In my recent article about the realities of managing a virtualised infrastructure, I mentioned the need to patch offline virtual machine images. Whilst many offline images will be templates, they may still require operating system, security or application updates to ensure that they are not vulnerable when started (or when a cloned VM is created from a template).
Now Microsoft has a beta for a tool that will allow this – imaginatively named the Offline Virtual Machine Servicing Tool. Built on the Windows Workflow Foundation and PowerShell, it works with System Center Virtual Machine Manager and either System Center Configuration Manager or Windows Server Update Services to automate the process of applying operating system updates through the definition of servicing jobs. Each job will:
- “Wake” the VM (deploy and start it).
- Trigger the appropriate update cycle.
- Shut down the VM and return it to the library.

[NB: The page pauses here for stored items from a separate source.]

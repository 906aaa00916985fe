//! What all parts of a drawing go by.

use crate::columns::Columns;
use bz_chart_layout::{Circuit, Layout, Picks, Piece};
use bz_source::Survey;
use bz_trace_text::LineNames;

/// What is drawn: a piece of the trace of a part's net.
#[derive(Clone, Copy)]
pub(crate) struct Chart<'a> {
    pub circuit: &'a Circuit,
    pub names: &'a LineNames<'a>,
    pub survey: &'a Survey,
    pub part: &'a [u8],
    pub trace: &'a [u8],
    pub piece: Piece,
    /// What is shown of it, where not all is.
    pub picks: Option<&'a Picks>,
}

/// The lifelines that are shown of it, and the places of all.
#[derive(Clone, Copy)]
pub(crate) struct Scene<'a> {
    pub chart: Chart<'a>,
    pub columns: &'a Columns,
    pub layout: Layout,
}

/// Where the lifelines begin.
pub(crate) const TOP: u64 = 112;
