//! The whole drawing.
//!
//! A chart has a light ground with a border and no second set of colours for dark pages: that would take a style sheet, which
//! charts do without, or an option, and then the page that shows the picture would have to know which one it got.

use crate::columns::Columns;
use crate::flow::Flow;
use crate::heads::{put_heads, put_names};
use crate::legend::{Signs, put_legend};
use crate::scene::{Chart, Scene, TOP};
use crate::svg::{GROUND, Pen};
use crate::words::{Cut, digits};
use bz_chart_layout::{Circuit, Layout, Picks, Piece};
use bz_source::Survey;
use bz_trace_text::LineNames;
use std::alloc::{AllocError, Global};

const TITLE: &str = ": lines % to % of the trace";

/// How many of these lines are shown, where not all are.
const SHOWN: &str = ", % shown";

const LIFELINE: &str = "<path d=\"M% %V%\" stroke=\"#999999\" stroke-width=\"1\"/>\n";

/// How many letters of the part's name the title shows.
const MOST_PART: usize = 40;

/// The letters of a title behind the part's name, but for the numbers of the lines.
const TITLE_LETTERS: u32 = 25;

/// The letters that say how many lines are shown, but for the number.
const SHOWN_LETTERS: u32 = 8;

const HEAD: &str = "<?xml version=\"1.0\" encoding=\"UTF-8\"?>
<svg xmlns=\"http://www.w3.org/2000/svg\" version=\"1.1\" width=\"%\" height=\"%\" viewBox=\"0 0 % %\" \
font-family=\"DejaVu Sans Mono, Liberation Mono, Courier New, monospace\" font-size=\"11.6\">
<title>";

const DESCRIPTION: &str = "</title>
<desc>A lifeline for each external port that is used, for passive ports on the left and active ports on the right, \
and for each component that takes part, by number. Time goes down, a line of the trace on each row.</desc>
<rect x=\"0.5\" y=\"0.5\" width=\"%\" height=\"%\" rx=\"4\" fill=\"$\" stroke=\"#999999\"/>
<text x=\"8\" y=\"17\" font-size=\"12\" font-weight=\"bold\">";

/// The chart of a piece of a trace, as SVG in UTF-8: of all its lines, or of those that show something of what is picked.
pub(crate) fn draw(
    alloc: Global,
    circuit: &Circuit,
    survey: &Survey,
    part: &[u8],
    trace: &[u8],
    piece: Piece,
    picks: Option<&Picks>,
) -> Result<Vec<u8>, AllocError> {
    let names = LineNames::new(alloc, circuit.names());
    let chart = Chart {
        circuit,
        names: &names,
        survey,
        part,
        trace,
        piece,
        picks,
    };
    match Columns::of(alloc, chart) {
        Ok(columns) => draw_columns(alloc, chart, &columns),
        Err(fault) => Err(fault),
    }
}

fn draw_columns(alloc: Global, chart: Chart<'_>, columns: &Columns) -> Result<Vec<u8>, AllocError> {
    match Flow::new(alloc, chart, columns.count()) {
        Ok(mut flow) => draw_flow(Pen::new(alloc), chart, columns, &mut flow),
        Err(fault) => Err(fault),
    }
}

fn draw_flow(
    mut pen: Pen,
    chart: Chart<'_>,
    columns: &Columns,
    flow: &mut Flow,
) -> Result<Vec<u8>, AllocError> {
    let part = pen.spell(&[bz_text::Piece::Name(chart.part)]);
    let part = Cut::new(part.as_slice(), MOST_PART);
    let mut scene = Scene {
        chart,
        columns,
        layout: layout_of(chart, columns, part),
    };
    flow.follow(scene);
    let signs = flow.signs();
    scene.layout.signs = signs.count();
    put_all(&mut pen, scene, part, flow, signs);
    pen.end()
}

// What the places go by, but for the legend.
fn layout_of(chart: Chart<'_>, columns: &Columns, part: Cut<'_>) -> Layout {
    let piece = chart.piece;
    let numbers = digits(piece.first).saturating_add(digits(piece.last()));
    let shown = match chart.picks {
        Some(_) => digits(columns.rows as usize).saturating_add(SHOWN_LETTERS),
        None => 0,
    };
    Layout {
        rows: columns.rows,
        columns: columns.count(),
        digits: digits(piece.last()),
        letters: columns.letters,
        title: (part.letters().saturating_add(TITLE_LETTERS))
            .saturating_add(numbers)
            .saturating_add(shown),
        signs: 0,
    }
}

fn put_all(pen: &mut Pen, scene: Scene<'_>, part: Cut<'_>, flow: &Flow, signs: Signs) {
    put_frame(pen, scene, part);
    pen.add(&flow.rows);
    put_lifelines(pen, scene.layout);
    put_heads(pen, scene);
    flow.put(pen, scene.layout);
    put_bands(pen, scene);
    put_legend(pen, scene.layout, signs);
    pen.put("</svg>\n", &[], "");
}

fn put_frame(pen: &mut Pen, scene: Scene<'_>, part: Cut<'_>) {
    let (width, height) = (scene.layout.width(), scene.layout.height());
    pen.put(HEAD, &[width, height, width, height], "");
    put_title(pen, scene, part);
    pen.put(
        DESCRIPTION,
        &[width.saturating_sub(1), height.saturating_sub(1)],
        GROUND,
    );
    put_title(pen, scene, part);
    pen.put("</text>\n", &[], "");
}

fn put_title(pen: &mut Pen, scene: Scene<'_>, part: Cut<'_>) {
    let piece = scene.chart.piece;
    pen.put_word(part);
    pen.put(TITLE, &[piece.first as u64, piece.last() as u64], "");
    if scene.chart.picks.is_some() {
        pen.put(SHOWN, &[u64::from(scene.layout.rows)], "");
    }
}

fn put_lifelines(pen: &mut Pen, layout: Layout) {
    for column in 0..layout.columns {
        pen.put(LIFELINE, &[layout.column(column), TOP, layout.bottom()], "");
    }
}

// The names again, between the rows and below them.
fn put_bands(pen: &mut Pen, scene: Scene<'_>) {
    let layout = scene.layout;
    for band in 1..=layout.bands(layout.rows.saturating_sub(1)) {
        put_names(pen, scene, layout.row(40 * band) - 68);
    }
    put_names(pen, scene, layout.bottom());
}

Although I haven’t tried this yet, it does strike me that there is one potential pitfall to be aware of – sysprepped images for VM deployment templates will start into the Windows mini-setup wizard. I guess the workaround in such a scenario is to use tools from the Windows Automated Installation Kit (WAIK) to inject updates into the associated .WIM file and deploy VMs from image, rather than by cloning sysprepped VMs.
“I mentioned the need to patch offline virtual machine images.”
I haven’t read the mentioned article but there is as much ‘need’ to patch an offline virtual machine as there is a need to patch a physical server. The same applies for templates in the virtual world or installation media in the physical.
I don’t think it’s a “need” but it’s an opportunity that we have due to virtualization and there is a ‘need’ to exploit that opportunity. “…the need to patch offline virtual machine images.” sounds like this is some sort of disadvantage created by virtualization and a solution is ‘needed’.
Why am I talking about this? Because I feel that currently there are many “problems” being highlighted about virtualization that really aren’t or have to the same or similar degree existed in the physical world as well.
rgds
Osama Salah
…and if you had read the aforementioned article then you would have realised that it discusses how virtualisation is a great technology, but no panacea, and that how you manage the virtualised infrastructure is the difference between success and failure (just as it is in a physical environment, but more so with an extra layer of management to consider and many servers consolidated onto one physical platform).
Incidentally, I haven’t seen much evidence of people bringing up “problems” with virtualisation – more the opposite, with people ploughing in headfirst and not considering the consequences of how they will manage the virtualised infrastructure.
Just pointing out that VMware Virtual Infrastructure has this ability as well via its Update Manager utility.